Buck’s weather flying book is a classic.

EGTK Oxford

Hope you enjoy it; it’s not the typical airline autobiography. I just noticed that he also wrote a book called “Weather Flying”.

I managed to try and turn the page of a printed memo by tapping it the other day until I realised I was not using an ipad One of the main reasons my kids are not allowed to use the ipad and must read from real books!

CKN
EGLM (White Waltham)

I have ordered “North Star over my Shoulder” from Amazon – I cannot get on with reading from screens

EHLE / Lelystad, Netherlands, Netherlands

I am reading “North Star over my Shoulder” by Bob Buck who joined TWA in the late 1930’s on DC-2’s and -3’s (playing with some of the early ILS approaches) ending up in 747s. It’s a very pleasant and engaging read with a gentle, matter of fact style. Much of what he says sounds like what my FI used to tell me which either means my FI was on the button or the mechanics of flying an aircraft have not changed in 70 years… He also has quite an interest in weather.

I tend to read a lot and the advent of Kindle and the related app means I end up reading more without filling the house with more books (although some books, such as “Think like a bird” by Alex Kimball or Flight of Passage are good to have in hard copy). I found “North Star” on Scribd which for the basic monthly subscription gives access to quite a few books including aviation related ones which is quite good when on the move.

CKN
EGLM (White Waltham)

I have just finished reading ‘travels with puff’. Same author that wrote Jonathan Livingston seagull. It’s about author ferrying his new seaplane across the US. Pretty good!

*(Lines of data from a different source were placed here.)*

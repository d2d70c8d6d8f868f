//! Keeps the first two readings of each part of a form with their places, and makes those of a whole from those of its parts.
#![tactic(auto)]

mod answers;
mod laws;
mod node;
mod pairing;
mod schemes;

pub use answers::{Answers, added, is_full, is_none, joined, share_answers};
pub use laws::{
    arguments_are_ordered, brackets_are_ordered, first_of_lengths, first_of_slot,
    readings_are_ordered, rows_are_ordered, two_are_enough,
};
pub use node::{Head, Node, Row, SlotCell, is_before, same_scheme, share, share_row, slot_before};
pub use pairing::product;
pub use schemes::{parts_of, scheme_of};
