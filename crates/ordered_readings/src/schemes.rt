// The schemes that readings say.
ghost use Rattle.std.specs.Prelude.{◌≡◌, IfOk, map};
ghost use Rattle.scheme_terms.specs.SchemeTree.{values};
ghost use Rattle.scheme_terms.specs.View.{scheme, scheme_part, scheme_parts};
ghost use Rattle.ordered_readings.specs.NodeView.{reading, row, values_of, more_values, more_parts};

use crate::node::{Head, Node, Row};
use binding_terms::NoMemory;
use scheme_terms::{SArg, Scheme};
use sqlite_items::Items;
use std::alloc::Global;

/// What a reading says.
#[cycle(built)]
pub fn scheme_of(alloc: Global, node: &Node) -> Result<Scheme, NoMemory>
    ensures { IfOk result (λ new. scheme new ≡ (reading node.now).1) }
{
    match node {
        Node::Group(inside) => scheme_of(alloc, inside.as_ref()),
        Node::Made(_, head, slots) => match head {
            Head::Meta(m) => Ok(Scheme::Meta(*m, add_values(alloc, slots, Items::new(alloc))?)),
            Head::Known(k) => Ok(Scheme::Known(*k)),
            Head::Local(i) => Ok(Scheme::Local(*i)),
            Head::Con(p) => Ok(Scheme::Con(*p, add_parts(alloc, slots, Items::new(alloc))?)),
        },
    }
}

/// What the slots say, after these.
#[cycle(built)]
#[tactic(auto, using(crate::proofs::Behind::values_end, crate::proofs::Behind::values_more))]
fn add_values(alloc: Global, slots: &Row, found: Items<Scheme>) -> Result<Items<Scheme>, NoMemory>
    ensures { IfOk result (λ new. values (map scheme new) ≡ more_values (map scheme found) (values_of (row slots.now).2)) }
{
    let mut all = found;
    match slots {
        Row::End => Ok(all),
        Row::Slot(cell) => {
            all.push(scheme_of(alloc, &cell.body)?)?;
            add_values(alloc, &cell.rest, all)
        }
    }
}

/// What the slots say, as parts after these.
#[cycle(built)]
#[tactic(auto, using(crate::proofs::Behind::parts_end, crate::proofs::Behind::parts_more))]
fn add_parts(alloc: Global, slots: &Row, found: Items<SArg>) -> Result<Items<SArg>, NoMemory>
    ensures { IfOk result (λ new. scheme_parts new ≡ more_parts (map scheme_part found) (row slots.now).2) }
{
    let mut all = found;
    match slots {
        Row::End => Ok(all),
        Row::Slot(cell) => {
            let body = scheme_of(alloc, &cell.body)?;
            all.push(SArg {
                binds: cell.binds,
                body,
            })?;
            add_parts(alloc, &cell.rest, all)
        }
    }
}

/// What the slots say, as parts.
pub fn parts_of(alloc: Global, slots: &Row) -> Result<Items<SArg>, NoMemory>
    ensures { IfOk result (λ new. scheme_parts new ≡ (row slots.now).2) }
{
    add_parts(alloc, slots, Items::new(alloc))
}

Richard Bach also wrote “Nothing by Chance”, which describes a summer of barnstorming in 1969, done as it was in 1929. They announce their biplane’s arrival in town by ejecting the young parachutist, Stu, who is destined for dental school at the end of the summer. A Luscombe follows along. What made that especially interesting to me is that in real life Stu the mild mannered dentist is still flying his own Travel Air biplane regularly 45 years later, and still has a Luscombe too. The events described in the book surely captured his imagination and the book captures the spirit of the planes and what they were doing very nicely.

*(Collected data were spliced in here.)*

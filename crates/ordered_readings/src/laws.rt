// Laws of first readings.
ghost use Rattle.ordered_readings.specs.Laws.{SlotLaw, LengthLaw, EnoughLaw, OrderLaw, RowLaw, BracketLaw, ArgumentLaw};

/// The first two readings of a slot and what stands behind it are the first two of the pairs.
pub fn first_of_slot()
    ensures { SlotLaw }
{}

/// The first two readings for one more length of the slot are the first two of those before and those of that length.
pub fn first_of_lengths()
    ensures { LengthLaw }
{}

/// Two readings where the slot is shorter are enough.
pub fn two_are_enough()
    ensures { EnoughLaw }
{}

/// Of two readings of a form one is before the other, or both are at one place and say the same.
pub fn readings_are_ordered()
    ensures { OrderLaw }
{}

/// Of two readings of a row of items one is before the other, or both are at one place and say the same.
pub fn rows_are_ordered()
    ensures { RowLaw }
{}

/// Of two readings of brackets one is before the other, or both are at one place and say the same.
pub fn brackets_are_ordered()
    ensures { BracketLaw }
{}

/// Of two readings of arguments one is before the other, or both are at one place and say the same.
pub fn arguments_are_ordered()
    ensures { ArgumentLaw }
{}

I have just finished reading ‘travels with puff’. Same author that wrote Jonathan Livingston seagull. It’s about author ferrying his new seaplane across the US. Pretty good!

Time for a new book – after Flight of Passage, True North and The Cannibal Queen, are there any recommendations ?

EHLE / Lelystad, Netherlands, Netherlands

I also read it a few months ago and thoroughly enjoyed it. I suspect some of the accounts were a little overdramatised. The Guadaloupe pass isn’t that difficult even in a 65HP Cub.

In a slightly similar vane, I’d also recommend Stephen Coonts’ ‘Cannibal Queen’.

KHWD- Hayward California; EGTN Enstone Oxfordshire, United States

Yes, one of my favorite flying books. (Do you read german Adam?)